Candidate for Supervisor; County of Alameda; Supervisorial District 5

This information is provided by the candidate
Governor Schwarzenegger's $15 Billion Bond Measure Leaves Local Government at Risk
Be careful of what you wish for, you might just get it. My parents and grandparents have told me this since my youth and now it's advice, which should be considered by Governor Schwarzenegger and the residents of California.

It seems like just yesterday the Governor was boasting about brining new ideas to Sacramento, curbing the out of control spending by the legislature, and reducing the Vehicle License Fee (VLF). While the Governor and key decision makers continue to talk about working together, one only needs to look beneath the surface to see the conflicts, which are brewing.

Governor Schwarzenegger did get his wish of cutting the VLF, but he also got the headache of trying to figure out how to replace roughly $4 billion in lost revenue as a result of cutting the fee. According to the legal experts in Sacramento, since the approved budget for this fiscal year included the increased VLF, if the Governor cuts the fee he must replace the lost revenue, which is essential for providing local government services.

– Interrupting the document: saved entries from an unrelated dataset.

//! What never changes in a run.
ghost use Rattle.std.specs.Prelude.{◌≡◌, ◌<◌, ◌≤◌, length, All};
ghost use Rattle.fm_line.specs.Line.{line, upper};
ghost use Rattle.fm_core.specs.State.{Setting};
ghost use Rattle.fm_state.specs.Limits.{IsSetting};

use fm_line::Line;
use std::marker::Model;

/// The lines, the room of an outbox in events, and the lead in ticks.
#[derive(Drop)]
pub struct Rules {
    lines: Vec<Line>,
    room: u32,
    lead: u64,
}

impl Model for Rules {
    ghost Value = { Setting };

    ghost view = { λ r. record { lines = r.lines.items; room = r.room; lead = r.lead } };

    ghost invariant = { λ r.
        IsSetting (record { lines = r.lines.items; room = r.room; lead = r.lead }) };
}

impl Rules {
    /// These lines under these limits.
    pub fn new(lines: Vec<Line>, room: u32, lead: u64) -> Rules
        requires { IsSetting (record { lines = lines.items; room = room; lead = lead }) }
        ensures { result ≡ record { lines = lines.items; room = room; lead = lead } }
    {
        Rules { lines, room, lead }
    }

    /// All lines.
    pub fn lines(&self) -> &[Line]
        ensures value { result.now ≡ self.now.lines }
        ensures setting { IsSetting self.now }
    {
        self.lines.as_slice()
    }

    /// The line of a process.
    pub fn line(&self, process: u32) -> &Line
        requires { process < length self.now.lines }
        ensures value { result.now ≡ line self.now.lines process }
        ensures setting { IsSetting self.now }
    {
        &self.lines[process as usize]
    }

    /// The predecessors of a process: processes with smaller numbers.
    pub fn predecessors(&self, process: u32) -> &[u32]
        requires { process < length self.now.lines }
        ensures value { result.now ≡ (line self.now.lines process).predecessors }
        ensures below { All (λ q. q < process) result.now }
    {
        self.lines[process as usize].predecessors.as_slice()
    }

    /// The room of an outbox, in events.
    pub fn room(&self) -> u32
        ensures { result ≡ self.now.room }
    {
        self.room
    }

    /// How far ahead of the floor events are computed, in ticks.
    pub fn lead(&self) -> u64
        ensures { result ≡ self.now.lead }
    {
        self.lead
    }
}

/// The time of the event at this index of the line, or its end where there is none.
pub fn time_at(own: &Line, index: usize) -> u64
    ensures { result ≡ upper own.now index }
{
    match own.events.as_slice().get(index) {
        Some(event) => event.time(),
        None => own.end,
    }
}
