//! Which processes were visited since the last publish.
ghost use Rattle.std.specs.Prelude.{◌≡◌, ◌<◌, ◌≤◌, All, length, map, nat_eq, not, IfOk, true, false, replicate, slice_set, slice_index_or};
ghost use Rattle.fm_core.specs.Numbers.{any_below};

use std::alloc::{AllocError, Global};
use std::marker::Model;

/// A mark for each process. No call but `new` goes over the processes.
#[derive(Drop)]
pub(crate) struct Visits {
    // The round in which each process was last visited.
    marks: Vec<u64>,
    // A publish begins the next round.
    round: u64,
    // How many processes were not visited in this round.
    missing: u32,
}

impl Model for Visits {
    ghost use Rattle.std.specs.Prelude.{List, Bool, map, nat_eq};
    ghost use Rattle.fm_state.specs.Marks.{AreMarks};

    ghost Value = { List Bool };

    ghost view = { λ v. map (nat_eq v.round) v.marks.items };

    ghost invariant = { λ v. AreMarks v.round v.marks.items v.missing };
}

impl Visits {
    /// None of so many processes was visited.
    pub(crate) fn new(alloc: Global, processes: u32) -> Result<Visits, AllocError>
        ensures { IfOk result (λ visits. visits ≡ replicate processes false) }
    {
        let marks = vec![in alloc; 0; processes as usize]?;
        Ok(Visits {
            marks,
            round: 1,
            missing: processes,
        })
    }

    /// Whether a process was visited.
    pub(crate) fn has(&self, process: u32) -> bool
        requires { process < length self.now }
        ensures { result ≡ slice_index_or self.now process false }
    {
        self.round == self.marks[process as usize]
    }

    /// Whether some process was not visited.
    pub(crate) fn misses_one(&self) -> bool
        ensures { result
            ≡ any_below (length self.now) (λ p. not (slice_index_or self.now p false)) }
    {
        0 < self.missing
    }

    /// Notes that a process was visited.
    pub(crate) fn add(&mut self, process: u32)
        requires { process < length self.old }
        ensures { self.new ≡ slice_set self.old process true }
    {
        if !self.has(process) {
            self.missing -= 1;
            self.marks[process as usize] = self.round;
        }
    }

    /// No process is visited from now on.
    pub(crate) fn forget(&mut self)
        ensures { self.new ≡ replicate (length self.old) false }
    {
        self.round = next_round(&mut self.marks, self.round);
        self.missing = self.marks.len() as u32;
    }
}

// The next round, in which no process was visited. Where no number is left for it, the marks are
// wiped.
fn next_round(marks: &mut Vec<u64>, round: u64) -> u64
    requires { All (λ mark. mark ≤ round) marks.old.items }
    ensures past { All (λ mark. mark ≤ result) marks.new.items }
    ensures none { map (nat_eq result) marks.new.items ≡ replicate (length marks.old.items) false }
    ensures length { length marks.new.items ≡ length marks.old.items }
{
    if round < u64::MAX {
        return round + 1;
    }
    wipe(marks);
    1
}

// No process was visited in any round.
fn wipe(marks: &mut Vec<u64>)
    ensures { marks.new.items ≡ replicate (length marks.old.items) 0 }
{
    for i in 0..marks.len() {
        marks[i] = 0;
    }
}
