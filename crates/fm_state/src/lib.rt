//! The state of the scheduling core in vectors whose memory is taken once, and what is read off it.
//!
//! [`Rules`] are the lines, the room and the lead, which never change; [`Tables`] are processes,
//! seats, the floor and the events that are gathered and released. Contracts see both as `fm_core`
//! defines them. Which steps are allowed, and which is the next, is left to the crate above.
#![tactic(auto)]

mod desk;
mod dues;
mod holds;
mod rules;
mod sweeps;
mod tables;
mod visits;

pub use dues::{due_among, must_be_taken, waiting_events};
pub use rules::{Rules, time_at};
pub use sweeps::{greatest_end, sight_of, start_of};
pub use tables::Tables;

The "new idea" to close the projected $38 billion state deficit was to try to issue bonds totaling approximately $15 billion. The Legislature has defeated this proposal. The State's Treasurer, Phil Angelides and others heavily criticized the bond proposal claiming it was fiscally irresponsible. But it's on the ballot anyway.

Bonds are most often used for capital improvement projects such as roads or as investments in areas such as higher education. Issuing bonds to cover our current debt (deficit borrowing) means residents would have nothing tangible after paying off the bonds and interest (which is roughly projected at over $300 million a year), no new roads, no new schools, just a debt that will burden our children and grandchildren. Furthermore, the Governor's super bond proposal will not bring us any closer to a long-term strategy for closing the numerous structural problems within the State budget, which guarantee revenue shortfalls in unless we are in a booming economy.

The women and men on Wall Street were also watching to see if Californians will issue $15 billion in bonds; if the proposal passes it would have had a negative impact on the state's credit rating. Financial institutions such as Standard and Poor's and Moody's look at governmental agencies', revenue streams and current debt when assessing their credit and borrowing power. Currently the State's ratio of debt to the general fund is about 3.6% for the 2003-04 fiscal year, if approved the bonds will push that figure to 6.6%. According to Treasurer Angelides, 6% is considered the maximum percentage of debt that a government can carry while remaining fiscally prudent. In short it will be difficult to finance essential projects in the future like schools, roads and hospitals if the bond measure is approved.

If the bond measure is approved, the legislature will be responsible for identifying funds to pay off the bonds. Historically, the state has cut funding to local government to close their budget deficits. The first look at Governor Schwarzenegger's budget suggests he will do the same.

The Governor's initial proposed cuts include: at 10% cut in the medi-care provider rates, limiting the number of children that can enroll in Health Families program (the state insurance program for youth on working families), reductions in services to the disabled, and cuts to the community college system.

Borrowing money to cover the deficit and cutting essential services to populations in need are not new ideas. In his inauguration speech the Governor said "To those who have no power to those who have dropped out + to those weary and disappointed with politics as usual, I took this oath for you."

It is unclear if the majority of Californians wished for a Governor who is unaware of the impacts of deficit borrowing on our communities, or the impacts of cutting the services which level the playing field by allowing people of all incomes to have a chance of excelling the in California economy, but that is what we got.